› Forums › Speech Synthesis › The front end › Diphone continuity from word to word
- This topic has 3 replies, 2 voices, and was last updated 8 years, 10 months ago by Simon.
-
AuthorPosts
-
-
October 13, 2015 at 21:07 #298
In any diphone TTS system (either a simple system or a unit selection system that uses diphones), is it correct that UNLESS the front end tags a phrase break in the text, the system perceives words or tokens as un-interrupted, and therefore it searches for diphones that go ACROSS the word/token boundary? Or are word/token boundaries treated as very small gaps, not as large as a phrase break, but still big enough to require a diphone that goes from middle of the last phone of a word to silence? (Leaving aside for the moment post-lexical liasons and r-insertions, which would obviously imply complete continuity).
-
October 14, 2015 at 11:06 #308
There is nothing special about cross-word diphones compared to within-word diphones. Speech does not have “gaps” between words unless there is a phrase break. We can use diphones recorded within a word to synthesise across a word boundary.

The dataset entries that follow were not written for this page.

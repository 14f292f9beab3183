// What Rattle's operators and casts leave out: sizes, the lesser and the greater, conversions and
// the square root. What is there for `f32` and for `f64` is a call of std each time, but for the
// root: a trait over both would have the same bodies.
ghost use Rattle.std.specs.Prelude.{◌≡◌, ◌+◌, ◌-◌, ◌*◌, ◌/◌, ◌%◌, ◌^◌, ◌<◌, ◌≤◌, Bool, true, if◌then◌else◌, from_bits, to_bits};
ghost use Rattle.std.specs.Float.{binary32, binary64};
ghost use Rattle.std.specs.Float.Ieee.{of_int, to_signed, to_unsigned};
ghost use Rattle.std.specs.Float.Ieee.Nearest.{closest};
ghost use Rattle.base.specs.Number.{negative, abs_of, min_of, max_of, narrow_of, signed_of, closest_root, sqrt_of};

// Whether x has a sign, as -0 has; a NaN has none.
pub fn is_negative(x: f64) -> bool
    ensures { result ≡ negative x }
{
    !x.is_nan() && x.is_sign_negative()
}

// The size of x, which takes -0 to +0; a NaN gives a NaN.
pub fn abs64(x: f64) -> f64
    ensures { result ≡ abs_of x }
{
    // By its bits, as below: std's `abs` takes 1.2 to 1.4 times as long.
    if x.is_nan() {
        return x;
    }
    f64::from_bits(x.to_bits() % 0x8000_0000_0000_0000)
}

// The size of x, which takes -0 to +0; a NaN gives a NaN.
pub fn abs32(x: f32) -> f32
    ensures { result ≡ abs_of x }
{
    if x.is_nan() {
        return x;
    }
    f32::from_bits(x.to_bits() % 0x8000_0000)
}

// The lesser of two, the other one where one is a NaN, and the left of equals.
#[tactic(auto, unfolding(crate::specs::Number::min_of))]
pub fn min(a: f32, b: f32) -> f32
    ensures { result ≡ min_of a b }
{
    // std's `min` leaves open which of 0 and -0 it gives.
    if a.is_nan() || b < a { b } else { a }
}

// The greater of two, the other one where one is a NaN, and the left of equals.
#[tactic(auto, unfolding(crate::specs::Number::max_of))]
pub fn max(a: f32, b: f32) -> f32
    ensures { result ≡ max_of a b }
{
    // std's `max` leaves open which of 0 and -0 it gives.
    if a.is_nan() || a < b { b } else { a }
}

// x as an `f64`, which holds every `f32`; a NaN gives a NaN.
pub fn widen(x: f32) -> f64
    ensures { result ≡ x }
{
    std::num::f32_to_f64_with_nan(x)
}

// The `f32` whose bits are w; a NaN's pattern gives a NaN.
pub fn float32(w: u32) -> f32
    ensures { result ≡ from_bits binary32 w }
{
    std::num::f32_from_bits_with_nan(w)
}

// The `f64` whose bits are w; a NaN's pattern gives a NaN.
pub fn float64(w: u64) -> f64
    ensures { result ≡ from_bits binary64 w }
{
    std::num::f64_from_bits_with_nan(w)
}

// The bits of x; any NaN is 7fc00000.
pub fn bits32(x: f32) -> u32
    ensures { result ≡ to_bits binary32 x }
{
    std::num::f32_to_bits_with_nan(x)
}

// The bits of x; any NaN is 7ff8000000000000.
pub fn bits64(x: f64) -> u64
    ensures { result ≡ to_bits binary64 x }
{
    std::num::f64_to_bits_with_nan(x)
}

// The `i32` whose bits are w.
#[tactic(auto, unfolding(crate::specs::Number::signed_of))]
pub fn signed(w: u32) -> i32
    ensures { result ≡ signed_of w }
{
    w.cast_signed()
}

// The `f32` nearest to n, as Rust's `as` has it.
pub fn from_i32(n: i32) -> f32
    ensures { result ≡ of_int binary32 n }
{
    std::num::nearest_i32_to_f32(n)
}

// x without its fraction, as Rust's `as i32` has it: the nearest end of the range where x is
// outside, and 0 for a NaN.
pub fn to_i32(x: f32) -> i32
    ensures { result ≡ to_signed 31 x }
{
    std::num::saturating_f32_to_i32(x)
}

// x without its fraction, as Rust's `as u64` has it.
pub fn to_u64(x: f64) -> u64
    ensures { result ≡ to_unsigned 64 x }
{
    std::num::saturating_f64_to_u64(x)
}

// m / 2^n to the nearest whole number, a tie to the even one: half a unit less one is added, and
// one more where the quotient is odd.
fn half_even(m: u64, n: u64) -> u64
    requires { (0 < n) × (n < 64) × (m < 2 ^ 63) }
    ensures { result ≡ closest m (2 ^ n) }
{
    let odd = (m >> n) % 2;
    let half: u64 = 1 << (n - 1);
    (m + (half - 1) + odd) >> n
}

// The bits of the `f32` nearest to the `f64` whose bits, without the sign, are b, for either sign.
fn magnitude(b: u64) -> u64
    requires { b ≤ 2047 * 2 ^ 52 }
    ensures bound { result ≤ 255 * 2 ^ 23 }
    ensures value { (s : Bool) → from_bits binary32 ((if s then 2 ^ 31 else 0) + result) ≡ narrow_of (from_bits binary64 ((if s then 2 ^ 63 else 0) + b)) }
{
    let exponent = b / 0x10_0000_0000_0000;
    let digits = b % 0x10_0000_0000_0000 + 0x10_0000_0000_0000;
    if exponent <= 872 {
        0
    } else if exponent < 897 {
        half_even(digits, 926 - exponent)
    } else if exponent < 1151 {
        (exponent - 897) * 0x80_0000 + half_even(digits, 29)
    } else {
        0x7f80_0000
    }
}

// The `f32` nearest to x, a tie going to the one whose last digit is even; a NaN gives a NaN.
pub fn narrow(x: f64) -> f32
    ensures { result ≡ narrow_of x }
{
    // std's `nearest_f64_to_f32_with_nan` takes 1.4 to 1.9 times as long in a chain.
    if x.is_nan() {
        return f32::NAN;
    }
    let b = x.to_bits();
    let sign = b / 0x8000_0000_0000_0000;
    f32::from_bits((sign * 0x8000_0000 + magnitude(b % 0x8000_0000_0000_0000)) as u32)
}

// The `f32` nearest to x, as `narrow` gives it, kept as an `f64`.
pub fn narrowed(x: f64) -> f64
    ensures { result ≡ narrow_of x }
{
    // From 2^-126 on an `f32` is an `f64` whose last 29 digits are 0, so that the bits are rounded
    // where they stand; what may overflow or is below goes by `narrow`.
    if x.is_nan() {
        return x;
    }
    let b = x.to_bits();
    let exponent = b % 0x8000_0000_0000_0000 / 0x10_0000_0000_0000;
    if exponent < 897 || exponent >= 1150 {
        return widen(narrow(x));
    }
    let up = b + 0xfff_ffff + b / 0x2000_0000 % 2;
    f64::from_bits(up - up % 0x2000_0000)
}

// √(a * 2^52) to the nearest whole number, a binary digit a turn.
fn nearest_root(a: u64) -> u64
    requires { a < 2 ^ 54 }
    ensures { result ≡ closest_root (a * 2 ^ 52) 1 }
{
    // the root of the digits read so far is q, with `rest` left over; `digits` are those to come
    let mut digits = a;
    let mut q: u64 = 0;
    let mut rest: u64 = 0;
    for i in 0..53u64 {
        let next = rest * 4 + digits / 0x10_0000_0000_0000;
        let step = q * 4 + 1;
        digits = digits % 0x10_0000_0000_0000 * 4;
        if step <= next {
            rest = next - step;
            q = q * 2 + 1;
        } else {
            rest = next;
            q *= 2;
        }
    }
    if rest <= q { q } else { q + 1 }
}

// A guess at the root of the number x whose bits are b. Nothing is proved of how near it is; of
// random numbers about one in 3000 gets a guess that is not the nearest, and that one is beside it.
fn guess(b: u64) -> f64
    requires { b < 2047 * 2 ^ 52 }
{
    let x = f64::from_bits(b);
    // 1/√x: a start from the halved bits, then to about 10 and to 21 binary digits; the constants
    // spread the error to both sides
    let y0 = f64::from_bits(0x5fe4_0000_0000_0000 - b / 2);
    let y1 = y0 * 1.68191391 - x * 0.703952009 * y0 * (y0 * y0);
    let y2 = y1 * 1.500000316875 - x * 0.5 * y1 * (y1 * y1);
    // √x to 10 digits, with nothing after the 26th, so that its square is exact
    let p = x * y1;
    let t = p * 134217729.0;
    let c = t - (t - p);
    // √x to 21 digits, what its square leaves of x, and that divided by about 2√x
    let s = x * y2;
    let rest = x - c * c - (s - c) * (s + c);
    s + rest * (y2 * 0.875 - x * 0.375 * y2 * (y2 * y2))
}

// Whether w + 1 is √(a * 2^52) to the nearest whole number; it may be where this is false. It is
// if a * 2^52 is above w * (w + 1) and at most (w + 1) * (w + 2): the first product is taken off in
// three parts, and what is left tells.
fn is_nearest(a: u64, w: u64) -> bool
    requires { w < 2 ^ 53 }
    ensures { result ≡ true → w + 1 ≡ closest_root (a * 2 ^ 52) 1 }
{
    let h = w / 0x800_0000;
    let l = w % 0x800_0000;
    let square = h * h * 4;
    let high = std::num::wrapping_sub_u64(a, square);
    if high >= 0x40_0000_0000 {
        return false;
    }
    let cross = h * (l * 2 + 1);
    let over = std::num::wrapping_sub_u64(high * 0x200_0000, cross);
    if over >= 0x10_0000_0000 {
        return false;
    }
    let low = l * (l + 1) + 1;
    let rest = std::num::wrapping_sub_u64(over * 0x800_0000, low);
    rest < w * 2 + 2
}

// Whether s is the root of the number whose bits are b; it may be where this is false.
fn is_root(b: u64, s: f64) -> bool
    requires { (2 ^ 52 ≤ b) × (b < 2047 * 2 ^ 52) }
    ensures { result ≡ true → s ≡ sqrt_of binary64 (from_bits binary64 b) }
{
    if s.is_nan() {
        return false;
    }
    let f = b / 0x10_0000_0000_0000 + 1020;
    let odd = f % 2;
    let m = b % 0x10_0000_0000_0000 + 0x10_0000_0000_0000;
    let below = (f + odd) / 2 * 0x10_0000_0000_0000 + 1;
    let w = std::num::wrapping_sub_u64(f64::to_bits(s), below);
    if w >= 0x20_0000_0000_0000 {
        return false;
    }
    is_nearest(m * (2 - odd), w)
}

// The bits of √(m * 2^(f - 2095)), where m has 53 digits.
fn scaled_root(m: u64, f: u64) -> u64
    requires { (2 ^ 52 ≤ m) × (m < 2 ^ 53) × (f < 3072) }
    ensures { result ≡ (f + f % 2) / 2 * 2 ^ 52 + closest_root (m * (2 - f % 2) * 2 ^ 52) 1 }
{
    let odd = f % 2;
    (f + odd) / 2 * 0x10_0000_0000_0000 + nearest_root(m * (2 - odd))
}

// The bits of the root of the positive number whose bits are b.
fn root_bits(b: u64) -> u64
    requires { (0 < b) × (b < 2047 * 2 ^ 52) }
    ensures bound { result < 2047 * 2 ^ 52 }
    ensures value { from_bits binary64 result ≡ sqrt_of binary64 (from_bits binary64 b) }
{
    if b < 0x10_0000_0000_0000 {
        let shift = u64::leading_zeros(b) as u64 - 11;
        scaled_root(b << shift, 1021 - shift)
    } else {
        scaled_root(
            b % 0x10_0000_0000_0000 + 0x10_0000_0000_0000,
            b / 0x10_0000_0000_0000 + 1020,
        )
    }
}

// The root of the number whose bits are b, which has 53 digits.
fn normal_root(b: u64) -> f64
    requires { (2 ^ 52 ≤ b) × (b < 2047 * 2 ^ 52) }
    ensures { result ≡ sqrt_of binary64 (from_bits binary64 b) }
{
    let s = guess(b);
    if is_root(b, s) {
        s
    } else {
        f64::from_bits(root_bits(b))
    }
}

// √x to the nearest `f64`; a NaN for a NaN and for any x below zero but -0, whose root is -0.
// Not std's `sqrt`, which is the processor's operation: nothing more than before is to be trusted.
pub fn sqrt64(x: f64) -> f64
    ensures { result ≡ sqrt_of binary64 x }
{
    if x.is_nan() {
        return x;
    }
    let b = f64::to_bits(x);
    // above zero, neither subnormal nor infinite
    if std::num::wrapping_sub_u64(b, 0x10_0000_0000_0000) < 0x7fe0_0000_0000_0000 {
        return normal_root(b);
    }
    if b % 0x8000_0000_0000_0000 == 0 {
        return x;
    }
    if b > 0x8000_0000_0000_0000 {
        return f64::NAN;
    }
    if b == 0x7ff0_0000_0000_0000 {
        return x;
    }
    f64::from_bits(root_bits(b))
}

// √x to the nearest `f32`; a NaN for a NaN and for any x below zero but -0, whose root is -0.
pub fn sqrt32(x: f32) -> f32
    ensures { result ≡ sqrt_of binary32 x }
{
    // The `f64` nearest to √x has more than twice the digits, so that rounding it once more gives
    // the `f32` nearest to √x itself.
    narrow(sqrt64(widen(x)))
}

You correctly state that phrase breaks will only occur in places that the front-end predicts. All other word boundaries are just continuous diphone sequences, no different to within the words.
Of course, the number of possible diphones across word boundaries is higher than within words (where phonology constrains the possible combinations). So, we are much more likely to encounter low-frequency (i.e., rare) diphones across word boundaries.
-
October 19, 2015 at 20:39 #361
Following up on this: In Festival, it appears that when it can’t find a diphone, it will back off to the next-best diphone. EXCEPT when the missing diphone is an ‘Interword’, in which case it inserts silence. Which, as one would guess, sounds bad when the utterance is played. Here is an example from Festival after issuing the Wave_Synth command on my utterance:
Missing diphone: @_dh
Interword so inseting silence.
Missing diphone: @_hw
Interword so inseting silence.
Missing diphone: jh_iii
diphone still missing, backing off: jh_iii
backed off: jh_iii -> jh_ii
Missing diphone: ch_z
Interword so inseting silence.The first 2 specific diphones that it can’t find don’t strike me as particularly rare. The actual word sequence of @_dh is “to the” and @_hw is from “the white”.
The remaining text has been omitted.